Chipmakers will stall as long as possible, but copper’s days are numbered.

Chipmakers’ focus on new interconnect technology is ramping up as copper’s effectiveness continues to diminish, setting the stage for a significant shift that could improve performance and reduce heat at future nodes and in advanced packages. Home Speaker Covers

Ruthenium Interconnects On Tap

The introduction of copper interconnects in 1997 upended the then-standard tungsten via/aluminum line metallization scheme. Dual damascene integration schemes replaced “dry” steps like plasma etch and deposition with “wet” processes like electroplating and CMP. At the time, manufacturers were struggling to minimize RC delay in the face of more complex interconnect structures.

Nearly three decades later, the semiconductor industry is at a similar crossroads. Shrinking line dimensions are approaching copper’s electron mean free path.

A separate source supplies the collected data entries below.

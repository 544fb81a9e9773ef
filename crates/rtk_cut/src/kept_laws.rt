//! Laws on files of which some systems alone are kept.
//!
//! Each function here does nothing. Its contract is the law, and a caller that calls it may cite it.

ghost use Rattle.rtk_cut.specs.KeptLaws.{KeptFilesAreTables, KeptRowsStay};

/// If a code is kept, a well-formed file stays well-formed.
pub fn kept_files_are_tables()
    ensures { KeptFilesAreTables }
{}

/// Each row of a satellite that is kept stays as it is, with its slips, and no other row is there.
pub fn kept_rows_stay()
    ensures { KeptRowsStay }
{}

Barrier layers are consuming a larger share of the total available line width. The need for an alternative to copper is growing. Like most radical changes, though, manufacturers hope to delay this one as long as they can.

Results presented at the recent IEEE Interconnect Technology Conference showed that opportunities for copper optimization remain.

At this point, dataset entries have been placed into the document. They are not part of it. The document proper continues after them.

//! The messages that tell an antenna or a receiver: 1007, 1008 and 1033.

ghost use Rattle.std.specs.Prelude.{◌≡◌, ◌≤◌, ◌<◌, ◌+◌, ◌^◌, length, take, get_or, Some, None};
ghost use Rattle.rtk_survey.specs.EquipmentMessages as spec;

use arrayvec::ArrayVec;
use rtk_bits::BitReader;

/// The bytes of a text. A count of one byte bounds it.
pub type Text = ArrayVec<u8, 255>;

/// An antenna, as a message tells it.
#[derive(Clone, Drop)]
pub struct Antenna {
    /// Antenna descriptor (DF030): in the form of IGS, 16 columns of type and 4 of radome.
    pub antenna_type: Text,
    /// Antenna setup ID (DF031); 0 is the standard model.
    pub setup: u8,
    /// Antenna serial number (DF033), if the message has the field.
    pub serial: Option<Text>,
}

/// A receiver, as a message tells it.
#[derive(Clone, Drop)]
pub struct Receiver {
    /// Receiver type descriptor (DF228).
    pub receiver_type: Text,
    /// Receiver firmware version (DF230).
    pub version: Text,
    /// Receiver serial number (DF232).
    pub serial: Text,
}

/// What a 1007, a 1008 or a 1033 tells.
#[derive(Clone, Drop)]
pub struct EquipmentMessage {
    /// Reference station ID (DF003), 0 to 4095.
    pub station: u16,
    pub antenna: Antenna,
    /// Of a 1033.
    pub receiver: Option<Receiver>,
}

// The text of these bytes.
fn text_of(bytes: &[u8]) -> Text
    requires { length bytes.now ≤ 255 }
    ensures { result.items ≡ bytes.now }
{
    let mut text = ArrayVec::new();
    if text.try_extend_from_slice(bytes).is_err() {
        unreachable!();
    }
    text
}

// The byte at a place; 0 if there is none.
fn byte_at(bytes: &[u8], place: usize) -> u8
    ensures { result ≡ get_or bytes.now place 0 }
{
    bytes.get(place).copied().unwrap_or(0)
}

// The place behind the text whose count stands at a place.
fn behind_text(bytes: &[u8], place: usize) -> usize
    requires { place < 2 ^ 32 }
    ensures place { result ≡ spec.behind_text place bytes.now }
    ensures bound { result ≤ place + 256 }
{
    place + 1 + usize::from(byte_at(bytes, place))
}

// The text whose count stands at a place, as far as there are bytes.
fn text_at(bytes: &[u8], place: usize) -> Text
    requires { place < 2 ^ 32 }
    ensures { result ≡ spec.text_at place bytes.now }
{
    let count = usize::from(byte_at(bytes, place));
    let rest = bytes.split_at(bytes.len().min(place + 1)).1;
    text_of(rest.split_at(rest.len().min(count)).0)
}

#[tactic(auto, unfolding(crate::specs::EquipmentMessages::setup_place))]
fn setup_place(bytes: &[u8]) -> usize
    ensures place { result ≡ spec.setup_place bytes.now }
    ensures bound { result ≤ 259 }
{
    behind_text(bytes, 3)
}

#[tactic(auto, unfolding(crate::specs::EquipmentMessages::end_of_1007))]
fn end_of_1007(bytes: &[u8]) -> usize
    ensures place { result ≡ spec.end_of_1007 bytes.now }
    ensures bound { result ≤ 260 }
{
    setup_place(bytes) + 1
}

#[tactic(auto, unfolding(crate::specs::EquipmentMessages::end_of_1008))]
fn end_of_1008(bytes: &[u8]) -> usize
    ensures place { result ≡ spec.end_of_1008 bytes.now }
    ensures bound { result ≤ 516 }
{
    behind_text(bytes, end_of_1007(bytes))
}

#[tactic(auto, unfolding(crate::specs::EquipmentMessages::version_place))]
fn version_place(bytes: &[u8]) -> usize
    ensures place { result ≡ spec.version_place bytes.now }
    ensures bound { result ≤ 772 }
{
    behind_text(bytes, end_of_1008(bytes))
}

#[tactic(auto, unfolding(crate::specs::EquipmentMessages::receiver_serial_place))]
fn receiver_serial_place(bytes: &[u8]) -> usize
    ensures place { result ≡ spec.receiver_serial_place bytes.now }
    ensures bound { result ≤ 1028 }
{
    behind_text(bytes, version_place(bytes))
}

#[tactic(auto, unfolding(crate::specs::EquipmentMessages::end_of_1033))]
fn end_of_1033(bytes: &[u8]) -> usize
    ensures place { result ≡ spec.end_of_1033 bytes.now }
    ensures bound { result ≤ 1284 }
{
    behind_text(bytes, receiver_serial_place(bytes))
}

fn antenna_at(bytes: &[u8], serial: Option<Text>) -> Antenna
    ensures { result ≡ spec.antenna_at serial bytes.now }
{
    Antenna {
        antenna_type: text_at(bytes, 3),
        setup: byte_at(bytes, setup_place(bytes)),
        serial,
    }
}

fn receiver_at(bytes: &[u8]) -> Receiver
    ensures { result ≡ spec.receiver_at bytes.now }
{
    Receiver {
        receiver_type: text_at(bytes, end_of_1008(bytes)),
        version: text_at(bytes, version_place(bytes)),
        serial: text_at(bytes, receiver_serial_place(bytes)),
    }
}

fn read_1007(bytes: &[u8], station: u16) -> Option<EquipmentMessage>
    ensures { result ≡ spec.told_by_1007 station bytes.now }
{
    if bytes.len() < end_of_1007(bytes) {
        return None;
    }
    Some(EquipmentMessage {
        station,
        antenna: antenna_at(bytes, None),
        receiver: None,
    })
}

fn read_1008(bytes: &[u8], station: u16) -> Option<EquipmentMessage>
    ensures { result ≡ spec.told_by_1008 station bytes.now }
{
    if bytes.len() < end_of_1008(bytes) {
        return None;
    }
    let serial = text_at(bytes, end_of_1007(bytes));
    Some(EquipmentMessage {
        station,
        antenna: antenna_at(bytes, Some(serial)),
        receiver: None,
    })
}

fn read_1033(bytes: &[u8], station: u16) -> Option<EquipmentMessage>
    ensures { result ≡ spec.told_by_1033 station bytes.now }
{
    if bytes.len() < end_of_1033(bytes) {
        return None;
    }
    let serial = text_at(bytes, end_of_1007(bytes));
    Some(EquipmentMessage {
        station,
        antenna: antenna_at(bytes, Some(serial)),
        receiver: Some(receiver_at(bytes)),
    })
}

// What a message of this number and station tells.
fn read_numbered(bytes: &[u8], number: u64, station: u16) -> Option<EquipmentMessage>
    ensures { result ≡ spec.equipment_numbered number station bytes.now }
{
    match number {
        1007 => read_1007(bytes, station),
        1008 => read_1008(bytes, station),
        1033 => read_1033(bytes, station),
        _ => None,
    }
}

/// The message that tells an antenna or a receiver, if the payload begins with one. A message with
/// fewer bytes than its counts ask for is none. Bytes after the last field are not part of the message.
pub fn equipment_in(payload: &[u8]) -> Option<EquipmentMessage>
    ensures { result ≡ spec.equipment_in payload.now }
{
    let mut reader = BitReader::new(payload);
    if reader.remaining() < 24 {
        return None;
    }
    let number = reader.next_u(12);
    let station = reader.next_u(12) as u16;
    read_numbered(payload, number, station)
}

Getting the most out of copper As interconnects shrink, interfaces and their properties become more relevant to electrical performance than the bulk material properties. Jongmin Baek, senior engineer at Samsung Semiconductor, and his colleagues looked specifically at how optimizing the barrier and etch stop layers needed for copper can improve overall performance. For example, in a contact metal-spacer test vehicle, the group used a sidewall plasma pre-treatment to reduce the sidewall barrier thickness by a third, improving contact resistance by 2%. [⁠1]

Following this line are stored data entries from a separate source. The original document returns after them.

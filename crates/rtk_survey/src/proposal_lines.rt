//! The commands that convert a station.

ghost use Rattle.std.specs.Prelude.{◌≡◌, ◌<◌, ◌++◌, OnOk};
ghost use Rattle.rtk_obs.specs.CivilText.{last_digits};
ghost use Rattle.rtk_survey.specs.FrameDates.{proposed_date};
ghost use Rattle.rtk_survey.specs.NextCommand.{station_proposal};
ghost use Rattle.rtk_survey.specs.Steps.OtherSystems.{glonass_held, taken_held};
ghost use Rattle.rtk_survey.specs.Steps.Tables.{system_epochs_held};
ghost use Rattle.rtk_survey.specs.SummaryText.{other_msm_line, other_msm_lines, near_text, words_text, is_standard_input, auto_line, next_lines};
ghost use Rattle.rtk_survey.specs.Contents.{epochs_held, codes_held};

use crate::date_lines::put_near;
use crate::date_message::UtcDate;
use crate::line::put_numbered;
use crate::msm_parts::MsmParts;
use crate::next_command::{next_options, taken_codes};
use crate::signal_lines::{all_codes_text, put_second_frequency};
use crate::station::StationSurvey;
use crate::systems_sent::SystemsSent;
use rtk_message::{MsmKind, put_named, put_sh_quoted};
use std::alloc::{AllocError, Global};

// A line for an MSM with epochs, if it is not the one that is named.
fn put_other_msm(
    lines: &mut Vec<u8>,
    msm: &MsmParts,
    named: MsmKind,
    kind: MsmKind,
) -> Result<(), AllocError>
    ensures { OnOk result (lines.new.items ≡ lines.old.items ++ other_msm_line (epochs_held msm.now) named kind) }
{
    let number = kind.number();
    if number == named.number() {
        return Ok(());
    }
    put_numbered(
        lines,
        b" other-msm ",
        u64::from(number),
        msm.part(kind).epochs.count,
    )
}

fn put_other_msms(lines: &mut Vec<u8>, msm: &MsmParts, named: MsmKind) -> Result<(), AllocError>
    ensures { OnOk result (lines.new.items ≡ lines.old.items ++ other_msm_lines (epochs_held msm.now) named) }
{
    put_other_msm(lines, msm, named, MsmKind::Msm4)?;
    put_other_msm(lines, msm, named, MsmKind::Msm5)?;
    put_other_msm(lines, msm, named, MsmKind::Msm6)?;
    put_other_msm(lines, msm, named, MsmKind::Msm7)?;
    Ok(())
}

// The four digits of a station's number.
fn marker_of(station: u16) -> [u8; 4]
    ensures { result ≡ last_digits 4 station }
{
    let digit = |number: u16| b'0' + (number % 10) as u8;
    [
        digit(station / 10 / 10 / 10),
        digit(station / 10 / 10),
        digit(station / 10),
        digit(station),
    ]
}

// The words of the command behind its moment.
fn put_words(
    lines: &mut Vec<u8>,
    name: &[u8],
    station: u16,
    options: &[u8],
    codes: &[u8],
) -> Result<(), AllocError>
    ensures { OnOk result (lines.new.items ≡ lines.old.items ++ words_text name.now station options.now codes.now) }
{
    lines.extend_from_slice(b" --made \"$(date -u +%FT%T)\" --marker ")?;
    lines.extend_from_slice(&marker_of(station))?;
    lines.extend_from_slice(b" --codes")?;
    lines.extend_from_slice(codes)?;
    lines.extend_from_slice(options)?;
    lines.push(b' ')?;
    put_sh_quoted(lines, name)?;
    lines.push(b'\n')?;
    Ok(())
}

// Does this name mean standard input?
fn is_standard_input(name: &[u8]) -> bool
    ensures { result ≡ is_standard_input name.now }
{
    name == b"stdin".as_slice()
}

// The command that finds the other options by itself. It reads a capture twice, so that there is none
// for standard input.
fn put_auto(lines: &mut Vec<u8>, name: &[u8], station: u16) -> Result<(), AllocError>
    ensures { OnOk result (lines.new.items ≡ lines.old.items ++ auto_line name.now station) }
{
    if is_standard_input(name) {
        return Ok(());
    }
    put_named(
        lines,
        b" auto rtcm2rinex auto --station ",
        u64::from(station),
    )?;
    lines.extend_from_slice(b" -o ")?;
    lines.extend_from_slice(&marker_of(station))?;
    lines.extend_from_slice(b".rnx ")?;
    put_sh_quoted(lines, name)?;
    lines.push(b'\n')?;
    Ok(())
}

// The command with its options, and the one that finds them, if there is one.
fn put_next(
    lines: &mut Vec<u8>,
    name: &[u8],
    near: Option<UtcDate>,
    station: u16,
    options: &[u8],
    codes: &[u8],
) -> Result<(), AllocError>
    ensures { OnOk result (lines.new.items ≡ lines.old.items ++ next_lines name.now (near_text near) station options.now codes.now) }
{
    if codes.is_empty() {
        return Ok(());
    }
    put_named(
        lines,
        b" next rtcm2rinex convert --station ",
        u64::from(station),
    )?;
    lines.extend_from_slice(b" --near ")?;
    put_near(lines, near)?;
    put_words(lines, name, station, options, codes)?;
    put_auto(lines, name, station)?;
    Ok(())
}

/// Appends the commands that convert a station, and before them its second frequency and the MSM of GPS that
/// they leave out.
pub(crate) fn put_proposal(
    alloc: Global,
    lines: &mut Vec<u8>,
    name: &[u8],
    number: u16,
    station: &StationSurvey,
) -> Result<(), AllocError>
    ensures { OnOk result (lines.new.items ≡ lines.old.items
        ++ station_proposal name.now (near_text (proposed_date station.now.dates)) number (epochs_held station.now.msm) (codes_held station.now.msm)
        (system_epochs_held station.now) (taken_held (proposed_date station.now.dates) station.now)
        (glonass_held (proposed_date station.now.dates) station.now)) }
{
    let near = station.dates.proposed_date();
    let named = station.msm.proposed();
    let marks = &station.msm.part(named).codes.marks;
    let others = taken_codes(near, station);
    let codes = all_codes_text(alloc, marks, &others)?;
    let sent = SystemsSent::of(marks, &others);
    let options = next_options(alloc, near, station, named, &sent)?;
    put_second_frequency(lines, marks)?;
    put_other_msms(lines, &station.msm, named)?;
    put_next(
        lines,
        name,
        near,
        number,
        options.as_slice(),
        codes.as_slice(),
    )?;
    Ok(())
}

The Samsung researchers paid particular attention to the via bottom barrier. Because metal vias rest on metal lines, this barrier is not needed as either an electrical insulator or a diffusion barrier. It exists only as an artifact of the sidewall deposition, yet it can account for more than 60% of via resistance. Selective deposition methods often are used to reduce via bottom deposition. In Baek’s work, a polymeric inhibitor improved selectivity relative to the self-assembled monolayers that are commonly used, giving a 20% resistance reduction.

Modern interconnect schemes depend on a variety of carbon-doped oxides for the “C” part of the circuit’s RC delay. Less dense materials are attractive because they have lower dielectric constants (k). Additional work by Samsung’s Kang Sub Yim considered the depletion of dielectric surface carbon by plasma etching.[⁠2] Etching damage to low-k dielectrics raises the effective dielectric constant, and therefore the capacitance of the circuit. Higher-density materials, typically with k values above 3.0, are more resistant to plasma etching damage, potentially giving them a lower effective k value in sub-30nm features. For features smaller than about 30nm, surface carbon depletion has a larger impact than the bulk dielectric constant.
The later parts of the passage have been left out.